You know, while I was walking this morning, the idea occurred to me, what if he thinks I am not ...uh, how to put this...what if he has the impression I am a "L", I can't even write the word. I have always been a tomboy, worn my hair short, and wore jeans, no makeup. I am not very feminine or girly-girl. At work, we all cussed and swore like sailors, I was doing a man's job, with the men, shoulder to shoulder. I've never been married, and they all knew that. That alone makes you an object of suspicion as to your orientation. 

But, if I were one of those, I would imagine he would be wondering what I want with him. Hm. Fodder for thought, there. 

I must have hidden my feelings too well back then, if he does not have a clue about how strongly I am attracted to him. Guess I should have gone ahead back then and barnstormed his happy self and let the chips fall where they may. We were both young and crazy then, and we both might have gotten fired. I couldn't do that to him, so I just worshiped him from afar. 

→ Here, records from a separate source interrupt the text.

fn lower_number_operation(
    alloc: Global,
    operator: Operator,
    left: LoweredExpression,
    right: LoweredExpression,
) -> Result<LoweredExpression, AllocError>
    ensures code { IfOk result
        (λ l. expression_code_of l ≡ codes.number_operation_code (operator_of operator) (expression_code_of left) (expression_code_of right)) }
    ensures flat { IfOk result (WholeIsNoDeeperThanLeft left) }
{
    let Some(first) = number_in_code(left) else {
        return Ok(LoweredExpression::NoCode);
    };
    let Some(second) = number_in_code(right) else {
        return Ok(LoweredExpression::NoCode);
    };
    let number = operation_on_numbers(alloc, operator, first, second)?;
    Ok(LoweredExpression::Number(number))
}

fn lower_conjunction(
    alloc: Global,
    left: LoweredExpression,
    right: LoweredExpression,
) -> Result<LoweredExpression, AllocError>
    ensures code { IfOk result
        (λ l. expression_code_of l ≡ codes.truth_operation_code machine.both (expression_code_of left) (expression_code_of right)) }
    ensures flat { IfOk result (WholeIsNoDeeperThanLeft left) }
{
    let Some(first) = truth_in_code(left) else {
        return Ok(LoweredExpression::NoCode);
    };
    let Some(second) = truth_in_code(right) else {
        return Ok(LoweredExpression::NoCode);
    };
    let truth = conjunction_of_two_truths(alloc, first, second)?;
    Ok(LoweredExpression::Truth(truth))
}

Ah, jeez, the complications of life, love, and the opposite sex.


----------



## oneraddad (Jul 20, 2010)

If you asked to ride on his Harley and he didn't offer, he's just not into you.


----------



## newfieannie (Dec 24, 2006)

oh what the heck Alice. you can't go on like this. life is too short as it is. you've loved this man for over 20 years. you can't afford to waste another 20. believe me I know what it's like to love a man like that. looks didn't come into. I had to practically drag a bag over his head to take him out. I'm with Arnie. tell him!. if you can't talk to him face to face then write it all down what you've told us. and send it to him. he can only say no and it's better to know how he feels or if he feels anything . either way it will be over with and you can go on with your life. it's a wonder you haven't had a heart attack before this. I might have one myself if you don't get this straightened out! ~Georgia


----------



## emdeengee (Apr 20, 2010)

I agree with the sound advice from Newfieannie. Be direct and get it over with. Better to know one way or the other. But be prepared. I do not wish to be harsh but I think that you are deluding yourself. One sign that a man - or woman - is not interested in you is that the relationship does not progress. You have known this man for many years and he is available right now and yet he has not made any effort to be with you. One sign that a man - or woman - is interested in you is that he/she is always around you. Wishing you peace and happiness.


----------



## Fennick (Apr 16, 2013)

> Have asked many times. I guess *he doesn't want me on the back of the motorcycle for whatever reason.* He knows I like motorcycles, and had one at one time, and that I used to be into that.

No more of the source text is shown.